I’m super interested in how you might have arrived at this belief: would you be able to elaborate a little?
One way I think about this is there are just so many weird (positive and negative) feedback loops and indirect effects, so it’s really hard to know if any particular action is good or bad. Let’s say you fund a promising-seeming area of alignment research – just off the top of my head, here are several ways that grant could backfire: • the research appears promising but turns out not to be, but in the meantime it wastes the time of other alignment researchers who otherwise would’ve gone into other areas
• the research area is promising in general, but the particular framing used by the researcher you funded is confusing, and that leads to slower progress than counterfactually
• the researcher you funded (unbeknownst to you) turns out to be toxic or otherwise have bad judgment, and by funding him, you counterfactually poison the well on this line of research
• the area you fund sees progress and grows, which counterfactually sucks up lots of longtermist money that otherwise would have been invested and had greater effect (say, during crunch time)
• the research is somewhat safety-enhancing, to the point that labs (facing safety-capabilities tradeoffs) decide to push capabilities further than they otherwise would, and safety is hurt on net
• the research is somewhat safety-enhancing, to the point that it prevents a warning shot, and that warning shot would have been the spark that would have inspired humanity to get its game together regarding combatting AI X-risk
• the research advances capabilities, either directly or indirectly
• the research is exciting and draws the attention of other researchers into the field, but one of those researchers happens to have a huge, tail negative effect on the field outweighing all the other benefits (say, that particular researcher has a very extreme version of one of the above bullet points)
• Etcetera – I feel like I could do this all day.
Some of the above are more likely than others, but there are just so many different possible ways that any particular intervention could wind up being net negative (and also, by the same token, could alternatively have indirect positive effects that are similarly large and hard to predict).
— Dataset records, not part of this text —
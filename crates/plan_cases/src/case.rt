// Cases, as the lines of the table tell them.
use super::memory::Sizes;
use anyhow::{Result, bail};
use cost::Sum;
use replay::Entry;
use routes::Method;
use std::alloc::Global;

// What a line asks for.
#[derive(Drop)]
pub enum Case {
    Comment,
    Account { bytes: Vec<u8> },
    Report { bytes: Vec<u8> },
    Campuses { heap: bool },
    Plan { sizes: Sizes, steps: Vec<Step> },
    Memory { sizes: Sizes, steps: Vec<Step> },
}

// A call on the plan of a line.
#[derive(Drop)]
pub enum Step {
    Make { stations: u16 },
    Read { bytes: Vec<u8> },
    Write { room: usize },
    Replay(Log),
    Counts,
    Rows,
}

// Entries, and how many places there are for their answers and for their routes.
#[derive(Drop)]
pub struct Log {
    pub answers: usize,
    pub pool: usize,
    pub entries: Vec<Entry<'static, Sum>>,
}

// Cases by their lines.
impl Case {
    // The case that a line tells.
    pub fn parse(alloc: Global, line: &str) -> Result<Case> {
        let parts: Vec<&str> = line.split("; ").collect(alloc)?;
        let [head, steps @ ..] = parts.as_slice() else {
            bail!("no case");
        };
        let words: Vec<&str> = head.split(' ').collect(alloc)?;
        match words.as_slice() {
            ["#", ..] => Ok(Case::Comment),
            ["account", file] => Ok(Case::Account {
                bytes: hex::decode(alloc, *file)?,
            }),
            ["report", file] => Ok(Case::Report {
                bytes: hex::decode(alloc, *file)?,
            }),
            ["campuses", "shelf"] => Ok(Case::Campuses { heap: false }),
            ["campuses", "heap"] => Ok(Case::Campuses { heap: true }),
            ["plan", sizes @ ..] => Ok(Case::Plan {
                sizes: sizes_told(sizes)?,
                steps: steps_told(alloc, steps)?,
            }),
            ["memory", sizes @ ..] => Ok(Case::Memory {
                sizes: sizes_told(sizes)?,
                steps: steps_told(alloc, steps)?,
            }),
            _ => bail!("no case"),
        }
    }
}

// The sizes that words tell.
fn sizes_told(words: &[&str]) -> Result<Sizes> {
    match words {
        [places, costs, predecessors] => Ok(Sizes {
            places: places.parse()?,
            costs: costs.parse()?,
            predecessors: predecessors.parse()?,
        }),
        _ => bail!("no sizes"),
    }
}

// The steps that words tell.
fn steps_told(alloc: Global, texts: &[&str]) -> Result<Vec<Step>> {
    texts
        .iter()
        .map(|text| Step::parse(alloc, text))
        .try_collect(alloc)
}

// Steps by their words.
impl Step {
    // The step that words tell.
    fn parse(alloc: Global, text: &str) -> Result<Step> {
        let words: Vec<&str> = text.split(' ').collect(alloc)?;
        match words.as_slice() {
            ["make", stations] => Ok(Step::Make {
                stations: stations.parse()?,
            }),
            ["read", file] => Ok(Step::Read {
                bytes: hex::decode(alloc, *file)?,
            }),
            ["write", room] => Ok(Step::Write {
                room: room.parse()?,
            }),
            ["counts"] => Ok(Step::Counts),
            ["rows"] => Ok(Step::Rows),
            _ => Ok(Step::Replay(Log::parse(alloc, text)?)),
        }
    }
}

// Logs by their words.
impl Log {
    // The log that words tell.
    fn parse(alloc: Global, text: &str) -> Result<Log> {
        let parts: Vec<&str> = text.split(", ").collect(alloc)?;
        let [head, entries @ ..] = parts.as_slice() else {
            bail!("no step");
        };
        let words: Vec<&str> = head.split(' ').collect(alloc)?;
        match words.as_slice() {
            ["replay", answers, pool] => Ok(Log {
                answers: answers.parse()?,
                pool: pool.parse()?,
                entries: entries
                    .iter()
                    .map(|text| entry(alloc, text))
                    .try_collect(alloc)?,
            }),
            _ => bail!("no step: {text}"),
        }
    }
}

// The entry that words tell; a row that is tested has no place.
fn entry(alloc: Global, text: &str) -> Result<Entry<'static, Sum>> {
    let words: Vec<&str> = text.split(' ').collect(alloc)?;
    match words.as_slice() {
        ["lay", from, to, cost] => Ok(Entry::Lay {
            from: from.parse()?,
            to: to.parse()?,
            cost: Sum {
                picoseconds: cost.parse()?,
            },
        }),
        ["lift", from, to] => Ok(Entry::Lift {
            from: from.parse()?,
            to: to.parse()?,
        }),
        ["work", source, method] => Ok(Entry::Work {
            source: source.parse()?,
            method: method_named(method)?,
        }),
        words => question(words),
    }
}

// The entry that asks for a cost or a route, or has a row tested.
fn question(words: &[&str]) -> Result<Entry<'static, Sum>> {
    match words {
        ["cost", from, to] => Ok(Entry::Cost {
            from: from.parse()?,
            to: to.parse()?,
        }),
        ["route", from, to, places] => Ok(Entry::Route {
            from: from.parse()?,
            to: to.parse()?,
            places: places.parse()?,
        }),
        ["check", source] => Ok(Entry::Check {
            source: source.parse()?,
            costs: &[],
            predecessors: &[],
        }),
        _ => bail!("no entry"),
    }
}

// The method of a name.
fn method_named(name: &str) -> Result<Method> {
    match name {
        "plain" => Ok(Method::Plain),
        "reuse" => Ok(Method::Reuse),
        "prune" => Ok(Method::Prune),
        _ => bail!("no method: {name}"),
    }
}
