// A table of plans, accounts and reports: each line of the input is a line of the output, and a case's line goes on with its answer.
//
//     plan PLACES COSTS PREDECESSORS; STEP; STEP ..    lends a new plan a list of so many places and tables of so many cells,
//                                                      takes the steps on it one after the other, and tells the answer to each
//     memory PLACES COSTS PREDECESSORS; STEP; STEP ..  does the same, and tells what list and tables hold when the plan is gone
//     account HEX                                      the lines of the file's account
//     report HEX                                       the lines of the file's report
//     campuses QUEUE                                   the answers on both worked campuses, with a shelf or a heap, what is left in the
//                                                      places for routes, and the joins at the ends of the ranges
//     # words                                          only repeats the words
//
// A plan is one of sums, worked with a heap. These are its steps:
//
//     make STATIONS                   commissions so many stations
//     read HEX                        commissions the file
//     write ROOM                      writes the plan into a buffer of so many bytes, and tells the whole buffer
//     counts                          the numbers of stations and links
//     rows                            the lines of all worked rows
//     replay ANSWERS POOL, ENTRY ..   replays the entries with so many places for answers, and so many in the pool for routes;
//                                     tells both lists whole, with - where nothing was written
//
// and these the entries of a log, with commas between them:
//
//     lay FROM TO COST
//     lift FROM TO
//     work SOURCE METHOD
//     cost FROM TO
//     route FROM TO PLACES
//     check SOURCE        tests a row that has no place
#![tactic(auto)]

mod call;
mod campus;
mod case;
mod memory;
mod text;

use account::account;
use anyhow::{Context, Result};
use call::answers;
use campus::campuses_text;
use case::Case;
use heap::Heap;
use listing::report;
use memory::Memory;
use shelf::Shelf;
use std::alloc::{AllocError, Global};
use std::io;
use text::lines_text;

// The answer to a case; a comment has none.
fn answer(alloc: Global, case: &Case) -> Result<Option<String>, AllocError> {
    match case {
        Case::Comment => Ok(None),
        Case::Account { bytes } => {
            let lines = account(alloc, bytes)?;
            Ok(Some(lines_text(alloc, &lines)?))
        }
        Case::Report { bytes } => {
            let lines = report(alloc, bytes)?;
            Ok(Some(lines_text(alloc, &lines)?))
        }
        Case::Campuses { heap: true } => Ok(Some(campuses_text::<Heap>(alloc)?)),
        Case::Campuses { heap: false } => Ok(Some(campuses_text::<Shelf>(alloc)?)),
        Case::Plan { sizes, steps } => {
            let mut memory = Memory::new(alloc, *sizes)?;
            Ok(Some(answers(alloc, &mut memory, steps)?))
        }
        Case::Memory { sizes, steps } => {
            let mut memory = Memory::new(alloc, *sizes)?;
            answers(alloc, &mut memory, steps)?;
            Ok(Some(memory.text(alloc)?))
        }
    }
}

// The line of the output for a line of the input.
fn output(alloc: Global, line: &str) -> Result<String> {
    let case = Case::parse(alloc, line).context(format_args!("in the line {line}"))?;
    match answer(alloc, &case)? {
        Some(answer) => Ok(format!(in alloc; "{line}: {answer}")?),
        None => Ok(String::from_str(alloc, line)?),
    }
}

// Answers each line of the standard input in turn.
fn run(rt: &HostRuntime) -> Result<()> {
    let table = io::read_to_string(rt.alloc(), rt.stdin())?;
    for line in table.lines() {
        rt.println(output(rt.alloc(), line)?)?;
    }
    Ok(())
}

// Answers the table of the standard input.
fn main(rt: HostRuntime) -> Result<()> {
    run(&rt)
}
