// The worked campuses.
use super::text::{cost_text, log_text, places_text, refused_text};
use campuses::worked_campuses;
use queue::Queue;
use std::alloc::{AllocError, Global};

// Works both campuses with a queue of that kind, and tells the answers, what is left in the places for routes, and the joins.
pub fn campuses_text<Q: Queue + Drop>(alloc: Global) -> Result<String, AllocError> {
    match worked_campuses::<Q>() {
        Ok(answers) => {
            let h = log_text(alloc, &answers.h)?;
            let routes = places_text(alloc, &answers.routes)?;
            let j = log_text(alloc, &answers.j)?;
            let joins: Vec<String> = answers
                .joins
                .iter()
                .map(|rank| cost_text(alloc, *rank))
                .try_collect(alloc)?;
            let joins = joins.join(alloc, " ")?;
            format!(in alloc; "[{h}] [{routes}] [{j}] [{joins}]")
        }
        Err(refusal) => refused_text(alloc, refusal),
    }
}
Having said that, it seems to me that on the whole, we’re probably better off if we’re funding promising-seeming alignment research (for example), and grant applications should be evaluated within that context. On the specific question of safety-conscious work leading to faster capabilities gains, insofar as we view AI as a race between safety and capabilities, it seems to me that if we never advanced alignment research, capabilities would be almost sure to win the race, and while safety research might bring about misaligned AGI somewhat sooner than it otherwise would occur, I have a hard time seeing how it would predictably increase the chances of misaligned AGI eventually being created.
One way I think about this is there are just so many weird (positive and negative) feedback loops and indirect effects, so it’s really hard to know if any particular action is good or bad. Let’s say you fund a promising-seeming area of alignment research – just off the top of my head, here are several ways that grant could backfire:
• the research appears promising but turns out not to be, but in the meantime it wastes the time of other alignment researchers who otherwise would’ve gone into other areas
• the research area is promising in general, but the particular framing used by the researcher you funded is confusing, and that leads to slower progress than counterfactually
• the researcher you funded (unbeknownst to you) turns out to be toxic or otherwise have bad judgment, and by funding him, you counterfactually poison the well on this line of research
• the area you fund sees progress and grows, which counterfactually sucks up lots of longtermist money that otherwise would have been invested and had greater effect (say, during crunch time)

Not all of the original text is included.